Task statement: From the records below, find each line with the string "ViewAt" and copy it.

Exercise data:
******************************

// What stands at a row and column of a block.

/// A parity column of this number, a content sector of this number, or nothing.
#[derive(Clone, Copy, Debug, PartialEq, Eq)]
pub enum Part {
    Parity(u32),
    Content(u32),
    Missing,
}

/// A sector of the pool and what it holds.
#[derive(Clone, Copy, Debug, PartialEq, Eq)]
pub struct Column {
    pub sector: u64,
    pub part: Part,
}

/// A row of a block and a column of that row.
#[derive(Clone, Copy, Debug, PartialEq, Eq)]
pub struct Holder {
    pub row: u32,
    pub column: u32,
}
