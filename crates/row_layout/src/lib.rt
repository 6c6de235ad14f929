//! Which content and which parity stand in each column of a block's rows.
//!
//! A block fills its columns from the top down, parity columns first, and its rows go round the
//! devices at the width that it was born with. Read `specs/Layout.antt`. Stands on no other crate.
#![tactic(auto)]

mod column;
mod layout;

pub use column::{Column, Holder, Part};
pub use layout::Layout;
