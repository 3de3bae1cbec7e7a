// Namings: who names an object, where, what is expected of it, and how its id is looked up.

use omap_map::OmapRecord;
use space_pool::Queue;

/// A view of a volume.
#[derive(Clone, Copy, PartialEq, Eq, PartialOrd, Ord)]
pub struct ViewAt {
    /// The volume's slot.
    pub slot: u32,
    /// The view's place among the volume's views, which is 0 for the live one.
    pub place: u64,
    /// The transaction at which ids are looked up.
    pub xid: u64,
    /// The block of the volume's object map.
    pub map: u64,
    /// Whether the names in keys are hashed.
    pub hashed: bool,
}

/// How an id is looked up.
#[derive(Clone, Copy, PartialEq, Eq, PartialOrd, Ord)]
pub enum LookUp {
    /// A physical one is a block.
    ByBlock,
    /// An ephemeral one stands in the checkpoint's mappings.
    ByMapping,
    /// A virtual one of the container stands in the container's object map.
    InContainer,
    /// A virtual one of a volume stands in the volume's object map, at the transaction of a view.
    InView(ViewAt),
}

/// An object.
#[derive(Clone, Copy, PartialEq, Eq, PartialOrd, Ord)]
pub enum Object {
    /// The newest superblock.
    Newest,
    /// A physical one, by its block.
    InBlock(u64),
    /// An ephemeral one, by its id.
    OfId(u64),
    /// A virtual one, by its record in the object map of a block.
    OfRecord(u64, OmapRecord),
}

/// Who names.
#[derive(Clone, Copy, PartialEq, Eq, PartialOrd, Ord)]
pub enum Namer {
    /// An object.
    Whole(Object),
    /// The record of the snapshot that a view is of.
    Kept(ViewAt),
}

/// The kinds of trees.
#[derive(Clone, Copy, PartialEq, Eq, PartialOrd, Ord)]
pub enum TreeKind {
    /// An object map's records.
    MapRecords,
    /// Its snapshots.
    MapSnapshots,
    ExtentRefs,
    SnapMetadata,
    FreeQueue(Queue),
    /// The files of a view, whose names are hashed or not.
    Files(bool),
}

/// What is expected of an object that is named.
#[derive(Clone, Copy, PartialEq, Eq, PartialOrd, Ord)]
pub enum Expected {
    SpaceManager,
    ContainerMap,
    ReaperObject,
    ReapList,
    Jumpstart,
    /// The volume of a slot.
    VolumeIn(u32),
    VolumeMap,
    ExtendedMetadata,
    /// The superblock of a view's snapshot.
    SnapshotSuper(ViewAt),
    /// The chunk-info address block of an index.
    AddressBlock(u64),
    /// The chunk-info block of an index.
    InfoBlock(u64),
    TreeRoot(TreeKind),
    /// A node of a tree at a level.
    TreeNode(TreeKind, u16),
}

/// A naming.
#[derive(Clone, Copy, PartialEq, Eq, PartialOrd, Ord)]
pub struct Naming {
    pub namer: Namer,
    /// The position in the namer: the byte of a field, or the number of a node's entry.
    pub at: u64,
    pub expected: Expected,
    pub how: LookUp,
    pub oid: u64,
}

******************************

Result for this exercise:
pub struct ViewAt {
    InView(ViewAt),
    Kept(ViewAt),
    SnapshotSuper(ViewAt),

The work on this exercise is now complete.